Haskell's control structures express that a reduction (a *fold* in Haskell) is very different than a *map*.^{2} Libraries like **vector** implement powerful fusion techniques to combine loops and eliminate intermediate data structures. And *unboxing* elminates excessive pointer chasing required by built-in lists.

All in all, this lets us write *high-level code without sacrificing high performance*. The need for any compromise between the two is becoming more rare every day.

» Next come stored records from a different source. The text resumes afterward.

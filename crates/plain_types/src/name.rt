//! Names.
ghost use Rattle.std.specs.Prelude.{◌≡◌};
ghost use Rattle.std.specs.List.{list_all};
ghost use Rattle.plain_types.specs.Names.{is_name, is_name_start, is_name_byte};

/// The most bytes that a name may have.
pub const NAME_BYTES: usize = 64;

/// Whether a text is a name: a letter or `_`, then letters, digits and `_`, all of them ASCII, at most
/// [`NAME_BYTES`] bytes. Sessions, classes, properties, signals and slots have such names. The limit
/// is our own; the letters are those of a C++ identifier.
pub fn is_name(text: &str) -> bool
    ensures { result ≡ is_name text.now }
{
    match text.as_bytes().split_first() {
        None => false,
        Some((first, rest)) => is_name_start(*first)
            && are_name_bytes(rest)
            && rest.len() < NAME_BYTES,
    }
}

fn are_name_bytes(bytes: &[u8]) -> bool
    ensures { result ≡ list_all is_name_byte bytes.now }
{
    bytes.iter().all(|byte| is_name_byte(*byte))
}

fn is_name_start(byte: u8) -> bool
    ensures { result ≡ is_name_start byte }
{
    byte == b'_' || byte.is_ascii_alphabetic()
}

fn is_name_byte(byte: u8) -> bool
    ensures { result ≡ is_name_byte byte }
{
    byte == b'_' || byte.is_ascii_alphanumeric()
}
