//! Short texts.
ghost use Rattle.std.specs.Prelude.{◌≡◌, ◌≤◌, [], IfSome, take};
ghost use Rattle.std.specs.Str.{IsUtf8};

use std::str;

/// A text of so many bytes, or fewer, is kept in the value itself and takes no memory.
const SHORT_BYTES: usize = 22;

/// A text of a few bytes. Its length takes one byte, so that every text takes 24.
#[derive(Clone, Copy)]
pub(crate) struct ShortText {
    bytes: [u8; SHORT_BYTES],
    len: u8,
    ghost fits: { len ≤ 22 },
    ghost text: { ∥ IsUtf8 (take len bytes) ∥₁ },
}

impl ShortText {
    ghost use Rattle.plain_types.specs.ShortText.{short_bytes};

    /// An empty text.
    pub(crate) fn new() -> ShortText
        ensures { short_bytes result ≡ [] }
    {
        ShortText {
            bytes: [0; SHORT_BYTES],
            len: 0,
        }
    }

    /// Returns the text as a short one, if it is short.
    pub(crate) fn from(text: &str) -> Option<ShortText>
        ensures { IfSome result (λ short. short_bytes short ≡ text.now) }
    {
        let len = text.len();
        if len > SHORT_BYTES {
            return None;
        }
        let mut bytes = [0; SHORT_BYTES];
        bytes[..len].copy_from_slice(text.as_bytes());
        Some(ShortText {
            bytes,
            len: len as u8,
        })
    }

    pub(crate) fn as_str(&self) -> &str
        ensures { result.now ≡ short_bytes self.now }
    {
        // The bytes are UTF-8, as `from` copied them from a text; the proof shows it.
        unsafe { str::from_utf8_unchecked(&self.bytes[..self.len as usize]) }
    }
}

^{1}The Prelude's `sum` function is not defined in terms of `foldl'`, but instead relies on GHC's strictness analysis. In GHC 7.6.3 there's a regression, as described in [this ticket](http://hackage.haskell.org/trac/ghc/ticket/7954). Because of this, we stuck with `foldl' (+) 0.0` in timing our Haskell version using lists.

^{2}EDIT: Michael Sloan has pointed out that the difference is not so fundamental, since `map f = foldr ((:) . f) []`.